Assignment: Reproduce the full listing that follows, matching it exactly.

Provided information:
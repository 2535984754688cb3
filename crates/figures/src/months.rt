// Whole small months of generated calls, accepted and refused, held against the account after each call.
use crate::drawn::draw_weights;
use anyhow::bail;
use entry::joining::Joining;
use entry::reversible::Reversible;
use model::answers::Refusal;
use model::call::{Call, Named};
use model::random::Random;
use month::phase::{Closed, Month, Open};
use std::alloc::{AllocError, Global};
use std::collections::BTreeMap;
use trial::kind::Kind;
use trial::making::{Shape, meant};
use trial::staged::Staged;

const MONTHS: u32 = 250;

const CALLS: u32 = 40;

// How often each answer came.
#[derive(Drop)]
struct Tally {
    accepted: u32,
    refused: BTreeMap<u16, u32>,
}

impl Tally {
    fn note(&mut self, told: Result<(), Refusal>) -> Result<(), AllocError> {
        match told {
            Ok(()) => self.accepted = self.accepted.wrapping_add(1),
            Err(refusal) => {
                let count = self.refused.entry(refusal.number)?.or_insert(0);
                *count = count.wrapping_add(1);
            }
        }
        Ok(())
    }

    fn show(&self, rt: &HostRuntime, name: &str) -> anyhow::Result<()> {
        let accepted = self.accepted;
        println!(rt; "{name}: {MONTHS} months agree after each call, {accepted} calls accepted")?;
        for (number, count) in self.refused.iter() {
            println!(rt; "  refused {number}: {count}")?;
        }
        Ok(())
    }
}

// The sizes of a month, and whether its amounts are big.
#[derive(Clone, Copy)]
struct Frame {
    agents: u16,
    hours: u16,
    big: bool,
}

// A number from 1 to `high`, or rarely one that is just outside.
fn mostly(random: &mut Random, high: u16) -> u16 {
    match random.between(0, 99) {
        0 => 0,
        1 => high.wrapping_add(1),
        _ => random.among(1, high),
    }
}

fn draw_quantity(random: &mut Random, big: bool) -> u32 {
    match random.between(0, 19) {
        0 => random.between(999_999_999, 1_000_000_001),
        1 => random.between(0, 1),
        _ => {
            if big {
                random.between(500_000_000, 1_000_000_000)
            } else {
                random.between(1, 200)
            }
        }
    }
}

fn draw_offer(random: &mut Random, frame: Frame) -> Named {
    let Frame { agents, hours, big } = frame;
    let first = mostly(random, hours);
    let seller = mostly(random, agents);
    let next = if seller >= agents {
        1
    } else {
        seller.wrapping_add(1)
    };
    Named {
        number: random.among(1, 12),
        seller,
        buyer: if random.between(0, 3) == 0 {
            mostly(random, agents)
        } else {
            next
        },
        submarket: mostly(random, 4),
        class: mostly(random, 4),
        source: mostly(random, 2).wrapping_sub(1) % 3,
        first,
        last: if random.between(0, 15) == 0 {
            mostly(random, hours)
        } else {
            hours
        },
        amount: draw_quantity(random, big),
    }
}

// Raw weights for a month's hours, now and then of a wrong length, weightless or too heavy.
fn draw_raw(heap: Global, random: &mut Random, hours: u16) -> Result<Vec<u32>, AllocError> {
    let count = usize::from(hours);
    match random.between(0, 25) {
        0 => draw_weights(heap, random, count.wrapping_add(1)),
        1 => vec![in heap; 0u32; count],
        2 => vec![in heap; 1_500_000_000u32; count],
        _ => draw_weights(heap, random, count),
    }
}

fn draw_shape(random: &mut Random, hours: u16) -> Shape {
    match random.between(0, 3) {
        0 | 1 => Shape::Even,
        2 => Shape::Row,
        _ => Shape::Clip {
            first: random.among(0, hours),
            last: random.among(1, hours),
        },
    }
}

// A number and an agent to confirm or end by: mostly of a contract that is there, and its buyer.
fn draw_party(random: &mut Random, offered: &[Named], agents: u16) -> (u16, u16) {
    let count = u32::try_from(offered.len()).unwrap_or(0);
    let pick = usize::try_from(random.between(0, count)).unwrap_or(0);
    match offered.get(pick) {
        Some(named) => {
            let stranger = random.between(0, 7) == 0;
            let agent = if stranger {
                random.among(0, agents)
            } else {
                named.buyer
            };
            (named.number, agent)
        }
        None => (random.among(0, 12), random.among(1, agents)),
    }
}

fn draw_shortfall(random: &mut Random, big: bool) -> u64 {
    match random.between(0, 9) {
        0 => 2_000_000_000,
        1 => 2_000_000_001,
        2 => 0,
        _ => u64::from(random.between(0, if big { 1_999_999_999 } else { 400 })),
    }
}

fn draw_call(random: &mut Random, frame: Frame, offered: &[Named], weights: Vec<u32>) -> Call {
    match random.between(0, 9) {
        0 | 1 | 2 => Call::Offer(draw_offer(random, frame)),
        3 | 4 | 5 => {
            let (number, agent) = draw_party(random, offered, frame.agents);
            Call::Confirm {
                number,
                agent,
                weights,
            }
        }
        6 => {
            let (number, agent) = draw_party(random, offered, frame.agents);
            Call::End { number, agent }
        }
        _ => Call::Tell {
            agent: mostly(random, frame.agents),
            kwh: draw_shortfall(random, frame.big),
        },
    }
}

// Draws the calls of a month, makes each, and compares everything after it.
fn live<E: Kind + Drop>(
    heap: Global,
    staged: &mut Staged<E>,
    month: &mut Month<Open>,
    random: &mut Random,
    tally: &mut Tally,
) -> anyhow::Result<()> {
    let frame = Frame {
        agents: staged.account.agents,
        hours: staged.account.hours,
        big: random.between(0, 2) == 0,
    };
    for _ in 0..CALLS {
        let shape = draw_shape(random, frame.hours);
        let raw = draw_raw(heap, random, frame.hours)?;
        let weights = meant(heap, shape, raw.as_slice())?;
        let offered = staged.account.offered(heap)?;
        let call = draw_call(random, frame, offered.as_slice(), weights);
        let answer = staged.make(month, &call, shape, raw.as_slice());
        tally.note(staged.note(call, answer)?)?;
        staged.compare(heap, month)?;
    }
    staged.compare_quantities(heap, month)
}

// Compares every turnover and certificate line of the closed month.
fn certify<E: Kind + Drop>(
    heap: Global,
    staged: &Staged<E>,
    month: &Month<Closed>,
) -> anyhow::Result<()> {
    let lines = staged.account.lines(heap)?;
    for agent in 1..=staged.account.agents {
        let turnover = staged.compare_turnover(month, lines.as_slice(), agent)?;
        staged.compare_line(heap, month, agent, turnover)?;
    }
    staged.compare(heap, month)
}

fn one_month<E: Kind + Drop>(
    heap: Global,
    random: &mut Random,
    tally: &mut Tally,
) -> anyhow::Result<()> {
    let agents = random.among(2, 4);
    let hours = random.among(1, 7);
    let places = random.among(1, 6);
    let mut staged: Staged<E> = Staged::new(heap, agents, hours, places)?;
    let Ok(mut month) = staged.open() else {
        bail!("the month is not opened");
    };
    let lived = live(heap, &mut staged, &mut month, random, tally);
    let closed = month.close();
    let certified = certify(heap, &staged, &closed);
    closed.discard();
    lived?;
    certified
}

pub fn compare_months<E: Kind + Drop>(
    rt: &HostRuntime,
    name: &str,
    seed: u64,
) -> anyhow::Result<()> {
    let mut random = Random::new(seed);
    let mut tally = Tally {
        accepted: 0,
        refused: BTreeMap::new(rt.alloc()),
    };
    for case in 0..MONTHS {
        if let Err(error) = one_month::<E>(rt.alloc(), &mut random, &mut tally) {
            println!(rt; "{name}: month {case} disagrees")?;
            return Err(error);
        }
    }
    tally.show(rt, name)
}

Solved exercise:
repository 2535984754688cb3
filename crates/figures/src/months.rt
// Whole small months of generated calls, accepted and refused, held against the account after each call.
use crate::drawn::draw_weights;
use anyhow::bail;
use entry::joining::Joining;
use entry::reversible::Reversible;
use model::answers::Refusal;
use model::call::{Call, Named};
use model::random::Random;
use month::phase::{Closed, Month, Open};
use std::alloc::{AllocError, Global};
use std::collections::BTreeMap;
use trial::kind::Kind;
use trial::making::{Shape, meant};
use trial::staged::Staged;

const MONTHS: u32 = 250;

const CALLS: u32 = 40;

// How often each answer came.
#[derive(Drop)]
struct Tally {
    accepted: u32,
    refused: BTreeMap<u16, u32>,
}

impl Tally {
    fn note(&mut self, told: Result<(), Refusal>) -> Result<(), AllocError> {
        match told {
            Ok(()) => self.accepted = self.accepted.wrapping_add(1),
            Err(refusal) => {
                let count = self.refused.entry(refusal.number)?.or_insert(0);
                *count = count.wrapping_add(1);
            }
        }
        Ok(())
    }

    fn show(&self, rt: &HostRuntime, name: &str) -> anyhow::Result<()> {
        let accepted = self.accepted;
        println!(rt; "{name}: {MONTHS} months agree after each call, {accepted} calls accepted")?;
        for (number, count) in self.refused.iter() {
            println!(rt; "  refused {number}: {count}")?;
        }
        Ok(())
    }
}

// The sizes of a month, and whether its amounts are big.
#[derive(Clone, Copy)]
struct Frame {
    agents: u16,
    hours: u16,
    big: bool,
}

// A number from 1 to `high`, or rarely one that is just outside.
fn mostly(random: &mut Random, high: u16) -> u16 {
    match random.between(0, 99) {
        0 => 0,
        1 => high.wrapping_add(1),
        _ => random.among(1, high),
    }
}

fn draw_quantity(random: &mut Random, big: bool) -> u32 {
    match random.between(0, 19) {
        0 => random.between(999_999_999, 1_000_000_001),
        1 => random.between(0, 1),
        _ => {
            if big {
                random.between(500_000_000, 1_000_000_000)
            } else {
                random.between(1, 200)
            }
        }
    }
}

fn draw_offer(random: &mut Random, frame: Frame) -> Named {
    let Frame { agents, hours, big } = frame;
    let first = mostly(random, hours);
    let seller = mostly(random, agents);
    let next = if seller >= agents {
        1
    } else {
        seller.wrapping_add(1)
    };
    Named {
        number: random.among(1, 12),
        seller,
        buyer: if random.between(0, 3) == 0 {
            mostly(random, agents)
        } else {
            next
        },
        submarket: mostly(random, 4),
        class: mostly(random, 4),
        source: mostly(random, 2).wrapping_sub(1) % 3,
        first,
        last: if random.between(0, 15) == 0 {
            mostly(random, hours)
        } else {
            hours
        },
        amount: draw_quantity(random, big),
    }
}

// Raw weights for a month's hours, now and then of a wrong length, weightless or too heavy.
fn draw_raw(heap: Global, random: &mut Random, hours: u16) -> Result<Vec<u32>, AllocError> {
    let count = usize::from(hours);
    match random.between(0, 25) {
        0 => draw_weights(heap, random, count.wrapping_add(1)),
        1 => vec![in heap; 0u32; count],
        2 => vec![in heap; 1_500_000_000u32; count],
        _ => draw_weights(heap, random, count),
    }
}

fn draw_shape(random: &mut Random, hours: u16) -> Shape {
    match random.between(0, 3) {
        0 | 1 => Shape::Even,
        2 => Shape::Row,
        _ => Shape::Clip {
            first: random.among(0, hours),
            last: random.among(1, hours),
        },
    }
}

// A number and an agent to confirm or end by: mostly of a contract that is there, and its buyer.
fn draw_party(random: &mut Random, offered: &[Named], agents: u16) -> (u16, u16) {
    let count = u32::try_from(offered.len()).unwrap_or(0);
    let pick = usize::try_from(random.between(0, count)).unwrap_or(0);
    match offered.get(pick) {
        Some(named) => {
            let stranger = random.between(0, 7) == 0;
            let agent = if stranger {
                random.among(0, agents)
            } else {
                named.buyer
            };
            (named.number, agent)
        }
        None => (random.among(0, 12), random.among(1, agents)),
    }
}

fn draw_shortfall(random: &mut Random, big: bool) -> u64 {
    match random.between(0, 9) {
        0 => 2_000_000_000,
        1 => 2_000_000_001,
        2 => 0,
        _ => u64::from(random.between(0, if big { 1_999_999_999 } else { 400 })),
    }
}

fn draw_call(random: &mut Random, frame: Frame, offered: &[Named], weights: Vec<u32>) -> Call {
    match random.between(0, 9) {
        0 | 1 | 2 => Call::Offer(draw_offer(random, frame)),
        3 | 4 | 5 => {
            let (number, agent) = draw_party(random, offered, frame.agents);
            Call::Confirm {
                number,
                agent,
                weights,
            }
        }
        6 => {
            let (number, agent) = draw_party(random, offered, frame.agents);
            Call::End { number, agent }
        }
        _ => Call::Tell {
            agent: mostly(random, frame.agents),
            kwh: draw_shortfall(random, frame.big),
        },
    }
}

// Draws the calls of a month, makes each, and compares everything after it.
fn live<E: Kind + Drop>(
    heap: Global,
    staged: &mut Staged<E>,
    month: &mut Month<Open>,
    random: &mut Random,
    tally: &mut Tally,
) -> anyhow::Result<()> {
    let frame = Frame {
        agents: staged.account.agents,
        hours: staged.account.hours,
        big: random.between(0, 2) == 0,
    };
    for _ in 0..CALLS {
        let shape = draw_shape(random, frame.hours);
        let raw = draw_raw(heap, random, frame.hours)?;
        let weights = meant(heap, shape, raw.as_slice())?;
        let offered = staged.account.offered(heap)?;
        let call = draw_call(random, frame, offered.as_slice(), weights);
        let answer = staged.make(month, &call, shape, raw.as_slice());
        tally.note(staged.note(call, answer)?)?;
        staged.compare(heap, month)?;
    }
    staged.compare_quantities(heap, month)
}

// Compares every turnover and certificate line of the closed month.
fn certify<E: Kind + Drop>(
    heap: Global,
    staged: &Staged<E>,
    month: &Month<Closed>,
) -> anyhow::Result<()> {
    let lines = staged.account.lines(heap)?;
    for agent in 1..=staged.account.agents {
        let turnover = staged.compare_turnover(month, lines.as_slice(), agent)?;
        staged.compare_line(heap, month, agent, turnover)?;
    }
    staged.compare(heap, month)
}

fn one_month<E: Kind + Drop>(
    heap: Global,
    random: &mut Random,
    tally: &mut Tally,
) -> anyhow::Result<()> {
    let agents = random.among(2, 4);
    let hours = random.among(1, 7);
    let places = random.among(1, 6);
    let mut staged: Staged<E> = Staged::new(heap, agents, hours, places)?;
    let Ok(mut month) = staged.open() else {
        bail!("the month is not opened");
    };
    let lived = live(heap, &mut staged, &mut month, random, tally);
    let closed = month.close();
    let certified = certify(heap, &staged, &closed);
    closed.discard();
    lived?;
    certified
}

pub fn compare_months<E: Kind + Drop>(
    rt: &HostRuntime,
    name: &str,
    seed: u64,
) -> anyhow::Result<()> {
    let mut random = Random::new(seed);
    let mut tally = Tally {
        accepted: 0,
        refused: BTreeMap::new(rt.alloc()),
    };
    for case in 0..MONTHS {
        if let Err(error) = one_month::<E>(rt.alloc(), &mut random, &mut tally) {
            println!(rt; "{name}: month {case} disagrees")?;
            return Err(error);
        }
    }
    tally.show(rt, name)
}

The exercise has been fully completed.